Id., 49 S.W.3d at 759.
{¶ 28} Therefore, we also defer to the Commission’s decision
and find that its decision was neither unreasonable nor unlawful,
nor against the manifest weight of the evidence. The trial court
erred in reversing the commission’s findings because, from the
record and the evidence, the commission could reasonably find that
the employees received remuneration in the form of holiday pay or
allowance in excess of their weekly unemployment compensation
benefit amount.
{¶ 29} Accordingly, the assignments of error are sustained.
Judgment reversed.
Michael J. Corrigan and Joyce J. George, JJ., concur.
Joyce J. George, J., retired, of the Ninth Appellate
District, sitting by assignment.
APPENDIX
GM’s Assignments of Error:
1. The Common Pleas Court erred by failing to afford
appropriate deference to the decision and findings of the
Ohio Unemployment Compensation Review Commission.

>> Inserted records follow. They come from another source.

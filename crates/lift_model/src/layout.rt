//! Where the rows of a model and their weights stand in flat lists.

ghost use Rattle.std.specs.Prelude.{◌≡◌, ◌+◌, ◌<◌, ◌++◌, ◌∷◌, [], length, OnOk, IfOk};
ghost use Rattle.lift_model.specs.Model.{ModelData, row_at};
ghost use Rattle.lift_model.specs.Links.{HasChoice, targets_of, all_targets};
ghost use Rattle.lift_model.specs.Layout.{IsLaid, AreRowStarts, AreCut};

use crate::blocks::{Blocks, corners_of};
use crate::model::Model;
use crate::row::Row;
use std::alloc::{AllocError, Global};

/// Where a row's targets and weights begin, and how many entries and corners it has.
#[derive(Clone, Copy)]
pub struct RowPlace {
    /// Where its targets begin among those of all rows.
    pub entries: u32,
    /// How many entries it has.
    pub count: u32,
    /// How many corners it has.
    pub corners: u32,
    /// Where its weights begin in a table.
    pub weights: u32,
}

/// The rows so far, their targets, and the blocks of their weights.
#[derive(Drop)]
pub struct Layout {
    /// The places of the rows.
    pub rows: Vec<RowPlace>,
    /// The targets of all rows.
    pub targets: Vec<u32>,
    /// The blocks.
    pub blocks: Blocks,
}

/// Where the rows and the targets of each state begin, and where the last ones end.
#[derive(Drop)]
pub struct Starts {
    /// The numbers of the first rows.
    pub rows: Vec<u32>,
    /// The places of the first targets.
    pub targets: Vec<u32>,
}

/// Appends the targets of a row.
fn push_targets(targets: &mut Vec<u32>, row: &Row) -> Result<(), AllocError>
    ensures { OnOk result (targets.new.items ≡ targets.old.items ++ targets_of row.now) }
{
    for entry in row.entries() {
        targets.push(entry.target)?;
    }
    Ok(())
}

/// Appends a row.
fn push_row(layout: &mut Layout, model: &Model, s: u32, a: u32) -> Result<(), AllocError>
    requires row { HasChoice model.now s a }
    requires laid { IsLaid model.now layout.old s a }
    ensures laid { OnOk result (IsLaid model.now layout.new s (a + 1)) }
    ensures targets { OnOk result (layout.new.targets.items ≡ layout.old.targets.items ++ targets_of (row_at model.now s a)) }
{
    let row = model.row(s, a);
    let weights = layout.blocks.place(model, s, a)?;
    layout.rows.push(RowPlace {
        entries: layout.targets.len() as u32,
        count: row.entries().len() as u32,
        corners: corners_of(row),
        weights,
    })?;
    push_targets(&mut layout.targets, row)?;
    Ok(())
}

/// Appends the rows of a state.
fn push_rows(layout: &mut Layout, model: &Model, s: u32) -> Result<(), AllocError>
    requires state { s < length model.now.states }
    requires laid { IsLaid model.now layout.old s 0 }
    ensures laid { OnOk result (IsLaid model.now layout.new (s + 1) 0) }
    ensures targets { OnOk result (layout.new.targets.items ≡ layout.old.targets.items ++ all_targets model.now s) }
{
    for a in 0..model.choices(s) {
        push_row(layout, model, s, a)?;
    }
    Ok(())
}

/// The number of rows.
fn count_rows(model: &Model) -> usize {
    let mut count = 0usize;
    for s in 0..model.states() {
        count = count.saturating_add(model.choices(s) as usize);
    }
    count
}

/// Appends the rows of all states, and tells where those of each begin.
fn push_states(layout: &mut Layout, starts: &mut Starts, model: &Model) -> Result<(), AllocError>
    requires laid { IsLaid model.now layout.old 0 0 }
    requires rows { AreRowStarts model.now starts.old.rows.items 0 }
    requires targets { AreCut model.now starts.old.targets.items layout.old.targets.items 0 }
    ensures laid { OnOk result (IsLaid model.now layout.new (length model.now.states) 0) }
    ensures rows { OnOk result (AreRowStarts model.now starts.new.rows.items (length model.now.states)) }
    ensures targets { OnOk result (AreCut model.now starts.new.targets.items layout.new.targets.items (length model.now.states)) }
{
    for s in 0..model.states() {
        push_rows(layout, model, s)?;
        starts.rows.push(layout.rows.len() as u32)?;
        starts.targets.push(layout.targets.len() as u32)?;
    }
    Ok(())
}

/// A layout without rows, with room for so many.
fn no_rows(alloc: Global, count: usize) -> Result<Layout, AllocError>
    ensures laid { (m : ModelData) → IfOk result (λ layout. IsLaid m layout 0 0) }
    ensures targets { IfOk result (λ layout. layout.targets.items ≡ []) }
{
    Ok(Layout {
        rows: Vec::with_capacity(alloc, count)?,
        targets: Vec::with_capacity(alloc, count.saturating_mul(2))?,
        blocks: Blocks::new(alloc, count)?,
    })
}

/// The beginnings before the first state.
fn no_starts(alloc: Global) -> Result<Starts, AllocError>
    ensures { IfOk result (λ starts. (starts.rows.items ≡ 0 ∷ []) × (starts.targets.items ≡ 0 ∷ [])) }
{
    Ok(Starts {
        rows: vec![in alloc; 0u32]?,
        targets: vec![in alloc; 0u32]?,
    })
}

/// Lays out the rows of all states.
pub(crate) fn lay_out(alloc: Global, model: &Model) -> Result<(Layout, Starts), AllocError>
    ensures laid { IfOk result (λ all. IsLaid model.now all.0 (length model.now.states) 0) }
    ensures rows { IfOk result (λ all. AreRowStarts model.now all.1.rows.items (length model.now.states)) }
    ensures targets { IfOk result (λ all. AreCut model.now all.1.targets.items all.0.targets.items (length model.now.states)) }
{
    let mut layout = no_rows(alloc, count_rows(model))?;
    let mut starts = no_starts(alloc)?;
    push_states(&mut layout, &mut starts, model)?;
    Ok((layout, starts))
}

2. The Common Pleas Court erred by concluding that
Claimants were “totally unemployed” during the week at
issue under Ohio Revised Code section 4141.01(M).
ODJFS’s Assignments of Error:
I. The Cuyahoga County Common Pleas Court decision is
contrary to U.S. Supreme and Ohio Supreme Court law that
employees remain in service to their employer during a
temporary layoff thereby rendering them “totally
employed” as described in R.C. 414.01(M) of Ohio’s
Unemployment Act.
II. The Cuyahoga County Common Pleas Court erred in not
deferring to the Review Commission’s factual
determination that when claimants received the one time
special payment, they received remuneration, another
statutory indicator that they were “totally employed.”
III. The Cuyahoga County Common Pleas Court erred in
rejecting the Review Commission’s allocation of the
one time special payment to the week of the July 4, 1998
where the Unemployment Act authorizes such allocation
because the labor agreement was silent as to an
allocation date and the evidence of record demonstrated
that claimants and GM intended that the one time special
payment be allocated to that week.
IV. The Cuyahoga County Common Pleas Court erred in
reversing the Review Commission’s denial of unemployment
benefits to claimants who received remuneration for the
same week they were claiming unemployment benefits as to
the Unemployment Act expressly prohibits double payments.